I guess I am wondering how much of this common saying is lip service, and much of it is actually carried out?

When you "keep someone in your prayers," do you really pray for them?


----------



## MeccaMedinah (Apr 2, 2005)

Yes & no. I don't if I happen to forget. But I had a couple of people from work ask me to pray for them and I did. God knows what they need and that's how I pray for them.


----------



## EbonyEyes (Apr 2, 2005)

Good topic!

I'll admit that I am guilty sometimes of saying that and not doing it.

What I try to do is when someone asks me to pray for something or someone, I pray right then and there (preferably with the person asking for prayer.)

-Ebony


----------



## Nyambura (Apr 2, 2005)

EbonyEyes said:
			
		

> Good topic!
> 
> ...
> 
> ...


 
_That's what I do too.  __But I've included people from here and their families when I am doing my regular prayers too. _

_I'm kind of scared to say "I'll pray for you" as lip service b/c I believe God sees all and He knows my heart, so if I speak falsely, I will have to answer to Him. I think prayer is very powerful and not something to play around with. If I said I would w/o the intention to do so, I'd wonder whether I was really seeking spiritual assistance or just trying to impress other people._


----------



## Honeyhips (Apr 2, 2005)

I genuinely mean it, sometimes they can slip my mind, and God can bring them back up. Other than that I keep a list.  Most of the time though, I don't tell people I'm praying for them and I just do it.  Some people say it so that they will look good to others. Like they are trying to prove that they are praying.


----------



## options (Apr 3, 2005)

What about people asking you to pray for them? Do you do it then?
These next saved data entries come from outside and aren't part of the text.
//! A chart of as many columns as there may be.
use std::test::Fail;
use test_runs::runs::{draw_into, ensure};

/// The chart of two jobs that share the greatest length, in a thousand columns.
fn half_and_half(rt: &HostRuntime) -> Result<Vec<u8>, Fail> {
    let front = b"length 4000000000000000000\nmachine 1 |";
    let mut chart = Vec::from_slice(rt.alloc(), front)?;
    for _ in 0..500 {
        chart.push(b'1')?;
    }
    for _ in 0..500 {
        chart.push(b'2')?;
    }
    chart.extend_from_slice(b"|\n")?;
    Ok(chart)
}

#[test]
fn the_greatest_length_is_drawn_in_a_thousand_columns(rt: HostRuntime) -> Result<(), Fail> {
    let long = b"answer 1
problem 1||sumC
jobs 2
machines 1
value 0
piece 1 1 0 2000000000000000000
piece 2 1 2000000000000000000 4000000000000000000
cert pairs
end
";
    let mut out = Vec::new(rt.alloc());
    let result = draw_into(rt.alloc(), long, 1_000, &mut out);
    ensure(result == Ok(()), "refused")?;
    ensure(out == half_and_half(&rt)?, "another chart")
}
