//! What is said of faults that no session comes to.
use std::alloc::Global;
use std::test::Fail;
use tf_advice::advice::{ADVICE, Cause};
use tf_advice::source::Source;
use tf_command::report::report;
use tf_engine::fault::RunFault;
use tf_engine::request::{Form, Request};
use tf_engine::text::Text;
use tf_explain::explain;
use tf_read::fault::ReadFault;
use tf_text::answer::fault::AnswerFault;
use tf_text::answer::layout::Layout;
use tf_text::counted::Counted;

/// The fault has this status and this line.
fn says(alloc: Global, fault: &RunFault, status: u8, wanted: &[u8]) -> bool {
    let mut line = Vec::new(alloc);
    let mut writer = Counted::new(&mut line);
    let answered = report(fault, &mut writer);
    drop(writer);
    answered == status && line.as_slice() == wanted
}

/// A fault of an instance or of an answer is refused by this line.
fn is_refused(alloc: Global, fault: &RunFault, wanted: &[u8]) -> bool {
    says(alloc, fault, 2, wanted)
}

#[test]
fn a_fault_without_a_session_has_its_line(rt: HostRuntime) {
    let alloc = rt.alloc();
    let long = RunFault::Text(ReadFault::TooLong);
    assert!(rt; is_refused(alloc, &long, b"threefield: refused: TooLong\n"));
    let arcs = RunFault::Text(ReadFault::TooManyArcs);
    assert!(rt; is_refused(alloc, &arcs, b"threefield: refused: TooManyArcs\n"));
    let answer = RunFault::Answer(AnswerFault::TooLong);
    assert!(rt; is_refused(alloc, &answer, b"threefield: refused: answer TooLong\n"));
    assert!(rt;
        says(
            alloc,
            &RunFault::OutOfMemory,
            3,
            b"threefield: want of memory\n"
        )
    );
    assert!(rt; says(alloc, &RunFault::Device, 4, b"threefield: device fault\n"));
}

#[test]
fn an_output_that_fails_is_named_with_its_reason(rt: HostRuntime) -> Result<(), Fail> {
    let request = Request {
        problem: Text::new(String::from_str(rt.alloc(), "1||sumC")?),
        form: Form::Table,
        machines: None,
        layout: Layout::Two,
    };
    let jobs = Source {
        name: "jobs.txt",
        text: b"table 1\njob 1 p=3\n",
    };
    let told = explain::refused(rt.alloc(), &RunFault::Device, &request, &jobs, None)?;
    let output = "Standard output failed: the disk is full, or the reader closed the pipe.\n";
    assert!(rt; told.as_str() == output);
    Ok(())
}

/// Each cause has its advice at its own place, up to the last cause.
fn is_advice_in_order() -> bool {
    for (place, advice) in ADVICE.iter().enumerate() {
        if advice.cause as usize != place {
            return false;
        }
    }
    ADVICE.len() == Cause::ArcStranger as usize + 1
}

#[test]
fn each_cause_has_advice(rt: HostRuntime) {
    assert!(rt; is_advice_in_order());
}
I tend to pray for people when I do say I will keep someone in my prayers, because I do not say it frequently at all. Plus, I frequently pray for people who have no idea they are even in my thoughts.


----------



## PretteePlease (Apr 3, 2005)

i have a friends mother that i keep in my prayers constantly she got what they think might have been spinal meningitus but then they arent sure she is re-learning how to walk and care for herself she is constantly in my prayers but i usually dont say this outloud

i have a friend that is constantly doing self defeating things she is constantly in  my prayers mostly i pray that she doesnt hurt herself or someone else

then i have a friend that i feel is really searching for love, she feels disconnected from her family has a boyfriend that had multiple kids on her and doesnt work that she feels compelled to stay with she stays in my prayers she even asks for updates on my prayers for her/her situation 

i try not to say "religious sayings" outloud because i dont want to look like a hypocrite i know my life isnt totally right but i think my prayers go past the ceiling when i send them up


----------



## pebbles (Apr 3, 2005)

options said:
			
		

> People say this all the time, when the person in question might be undergoing a stressful or tumultuous period in life - illness, the loss of employment, financial problems, marital troubles, etc. But how many of you actually do actively pray for other people when you say this?
> 
> I guess I am wondering how much of this common saying is lip service, and much of it is actually carried out?
> 
> When you "keep someone in your prayers," do you really pray for them?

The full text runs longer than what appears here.